_ABOUT THIS EXERCISE_
For the string "decoded", find every matching line in the records and copy it.

_SUPPLIED RECORDS_
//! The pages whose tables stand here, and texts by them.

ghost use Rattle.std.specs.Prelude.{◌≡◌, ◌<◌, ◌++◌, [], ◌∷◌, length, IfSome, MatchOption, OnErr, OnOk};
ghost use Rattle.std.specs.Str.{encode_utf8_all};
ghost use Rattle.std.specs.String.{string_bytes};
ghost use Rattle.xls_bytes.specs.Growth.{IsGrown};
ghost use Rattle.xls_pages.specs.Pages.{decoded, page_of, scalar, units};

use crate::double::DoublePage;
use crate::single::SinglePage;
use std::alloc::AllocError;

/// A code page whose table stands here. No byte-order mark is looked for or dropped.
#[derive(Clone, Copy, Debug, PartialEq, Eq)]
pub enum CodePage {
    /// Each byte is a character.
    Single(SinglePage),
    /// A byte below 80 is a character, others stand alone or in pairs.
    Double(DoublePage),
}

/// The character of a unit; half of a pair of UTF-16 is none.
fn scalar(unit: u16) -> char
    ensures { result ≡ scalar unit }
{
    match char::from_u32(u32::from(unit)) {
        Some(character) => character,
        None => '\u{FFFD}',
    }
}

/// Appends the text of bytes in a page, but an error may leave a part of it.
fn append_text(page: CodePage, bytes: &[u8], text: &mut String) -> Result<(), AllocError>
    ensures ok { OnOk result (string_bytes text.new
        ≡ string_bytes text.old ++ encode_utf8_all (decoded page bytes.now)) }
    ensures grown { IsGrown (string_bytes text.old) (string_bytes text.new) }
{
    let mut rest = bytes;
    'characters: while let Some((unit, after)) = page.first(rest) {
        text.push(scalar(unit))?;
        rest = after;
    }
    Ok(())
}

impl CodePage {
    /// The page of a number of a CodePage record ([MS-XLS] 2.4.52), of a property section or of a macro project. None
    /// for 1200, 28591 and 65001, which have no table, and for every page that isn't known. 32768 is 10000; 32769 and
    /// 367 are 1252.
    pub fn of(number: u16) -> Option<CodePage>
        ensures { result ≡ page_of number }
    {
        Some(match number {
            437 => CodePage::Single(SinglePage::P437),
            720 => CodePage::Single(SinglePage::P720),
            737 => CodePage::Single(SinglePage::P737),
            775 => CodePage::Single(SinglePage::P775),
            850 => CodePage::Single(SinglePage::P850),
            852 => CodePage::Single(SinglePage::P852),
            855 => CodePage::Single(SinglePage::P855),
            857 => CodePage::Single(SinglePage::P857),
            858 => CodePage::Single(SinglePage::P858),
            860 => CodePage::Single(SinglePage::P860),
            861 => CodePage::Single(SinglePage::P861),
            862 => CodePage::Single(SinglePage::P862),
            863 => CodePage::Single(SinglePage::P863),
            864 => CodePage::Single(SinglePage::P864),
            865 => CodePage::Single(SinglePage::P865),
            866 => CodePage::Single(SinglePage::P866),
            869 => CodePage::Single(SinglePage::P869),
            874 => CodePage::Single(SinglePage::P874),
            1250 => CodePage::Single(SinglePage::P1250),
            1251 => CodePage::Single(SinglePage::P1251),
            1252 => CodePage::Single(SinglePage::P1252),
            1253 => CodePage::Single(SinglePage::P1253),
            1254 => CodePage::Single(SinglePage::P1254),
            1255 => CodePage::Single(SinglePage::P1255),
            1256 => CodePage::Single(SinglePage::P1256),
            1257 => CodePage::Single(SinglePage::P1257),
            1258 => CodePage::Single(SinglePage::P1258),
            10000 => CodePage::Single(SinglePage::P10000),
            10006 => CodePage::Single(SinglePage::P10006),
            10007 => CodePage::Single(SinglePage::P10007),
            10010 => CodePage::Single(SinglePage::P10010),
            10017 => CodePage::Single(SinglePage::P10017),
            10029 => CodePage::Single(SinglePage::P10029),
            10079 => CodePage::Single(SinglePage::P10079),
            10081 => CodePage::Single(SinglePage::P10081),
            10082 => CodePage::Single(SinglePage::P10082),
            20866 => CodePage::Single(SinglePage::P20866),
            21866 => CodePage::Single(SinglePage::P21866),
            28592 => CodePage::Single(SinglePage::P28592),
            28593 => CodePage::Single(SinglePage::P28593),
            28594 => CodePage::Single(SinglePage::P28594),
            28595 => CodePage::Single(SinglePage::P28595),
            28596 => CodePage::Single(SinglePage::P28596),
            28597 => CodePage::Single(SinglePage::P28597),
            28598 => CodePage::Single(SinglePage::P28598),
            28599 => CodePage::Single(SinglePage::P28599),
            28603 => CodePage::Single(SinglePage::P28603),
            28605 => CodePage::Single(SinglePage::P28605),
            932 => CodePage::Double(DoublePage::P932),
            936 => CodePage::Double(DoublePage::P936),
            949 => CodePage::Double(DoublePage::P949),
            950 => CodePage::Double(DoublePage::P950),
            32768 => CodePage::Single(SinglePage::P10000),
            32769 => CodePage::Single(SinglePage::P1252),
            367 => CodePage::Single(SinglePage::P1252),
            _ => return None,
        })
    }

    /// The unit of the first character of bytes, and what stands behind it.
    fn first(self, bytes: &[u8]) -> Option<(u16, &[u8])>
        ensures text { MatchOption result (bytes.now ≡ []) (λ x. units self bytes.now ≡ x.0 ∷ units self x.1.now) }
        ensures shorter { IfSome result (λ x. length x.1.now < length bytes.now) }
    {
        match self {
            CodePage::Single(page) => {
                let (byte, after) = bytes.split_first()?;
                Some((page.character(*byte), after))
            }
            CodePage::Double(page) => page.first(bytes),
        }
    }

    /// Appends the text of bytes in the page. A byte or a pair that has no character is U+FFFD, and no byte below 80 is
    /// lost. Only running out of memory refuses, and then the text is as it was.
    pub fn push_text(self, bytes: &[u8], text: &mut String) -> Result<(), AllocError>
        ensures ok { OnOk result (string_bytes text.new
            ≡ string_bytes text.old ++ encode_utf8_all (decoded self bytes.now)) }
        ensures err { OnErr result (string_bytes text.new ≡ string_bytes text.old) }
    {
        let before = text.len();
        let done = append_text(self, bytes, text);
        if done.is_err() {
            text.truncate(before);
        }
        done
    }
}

---

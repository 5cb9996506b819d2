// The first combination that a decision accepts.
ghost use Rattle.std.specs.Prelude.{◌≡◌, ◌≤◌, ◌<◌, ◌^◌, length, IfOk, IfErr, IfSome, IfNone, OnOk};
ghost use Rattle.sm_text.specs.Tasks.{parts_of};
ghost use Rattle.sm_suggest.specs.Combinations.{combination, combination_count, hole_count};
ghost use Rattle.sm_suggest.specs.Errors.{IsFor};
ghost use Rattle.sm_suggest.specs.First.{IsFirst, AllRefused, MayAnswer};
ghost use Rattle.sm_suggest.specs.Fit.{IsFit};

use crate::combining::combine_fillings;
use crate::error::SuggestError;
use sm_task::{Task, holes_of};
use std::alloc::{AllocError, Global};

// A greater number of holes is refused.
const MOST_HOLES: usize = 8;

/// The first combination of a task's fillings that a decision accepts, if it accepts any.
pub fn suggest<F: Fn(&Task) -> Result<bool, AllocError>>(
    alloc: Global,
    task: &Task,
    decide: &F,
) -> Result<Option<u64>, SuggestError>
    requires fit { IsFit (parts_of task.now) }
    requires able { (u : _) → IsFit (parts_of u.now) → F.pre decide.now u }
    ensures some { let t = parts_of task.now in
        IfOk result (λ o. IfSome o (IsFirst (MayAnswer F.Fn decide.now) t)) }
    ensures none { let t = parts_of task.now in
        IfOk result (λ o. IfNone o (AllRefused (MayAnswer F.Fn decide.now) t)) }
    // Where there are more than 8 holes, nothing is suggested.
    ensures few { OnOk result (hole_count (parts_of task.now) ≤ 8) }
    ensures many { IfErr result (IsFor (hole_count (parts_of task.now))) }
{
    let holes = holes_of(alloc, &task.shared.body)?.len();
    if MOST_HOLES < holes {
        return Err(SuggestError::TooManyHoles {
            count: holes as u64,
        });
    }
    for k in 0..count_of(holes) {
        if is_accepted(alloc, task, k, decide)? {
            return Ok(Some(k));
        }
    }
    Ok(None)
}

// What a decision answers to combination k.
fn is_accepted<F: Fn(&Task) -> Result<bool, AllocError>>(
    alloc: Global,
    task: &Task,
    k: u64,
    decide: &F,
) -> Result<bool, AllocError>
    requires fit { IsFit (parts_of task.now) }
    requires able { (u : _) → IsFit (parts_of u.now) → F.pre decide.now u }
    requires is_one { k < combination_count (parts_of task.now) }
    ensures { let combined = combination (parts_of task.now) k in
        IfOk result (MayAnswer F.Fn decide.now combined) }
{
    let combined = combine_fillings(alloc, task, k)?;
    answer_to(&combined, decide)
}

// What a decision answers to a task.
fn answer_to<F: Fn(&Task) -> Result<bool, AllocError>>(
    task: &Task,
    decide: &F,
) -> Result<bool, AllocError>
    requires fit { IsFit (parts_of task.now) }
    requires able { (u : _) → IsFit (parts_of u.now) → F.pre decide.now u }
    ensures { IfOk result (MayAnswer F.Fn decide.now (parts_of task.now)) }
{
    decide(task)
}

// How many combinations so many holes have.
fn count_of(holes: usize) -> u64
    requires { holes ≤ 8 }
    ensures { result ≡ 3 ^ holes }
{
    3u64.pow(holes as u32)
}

_EXPECTED OUTPUT_
ghost use Rattle.xls_pages.specs.Pages.{decoded, page_of, scalar, units};
        ≡ string_bytes text.old ++ encode_utf8_all (decoded page bytes.now)) }
            ≡ string_bytes text.old ++ encode_utf8_all (decoded self bytes.now)) }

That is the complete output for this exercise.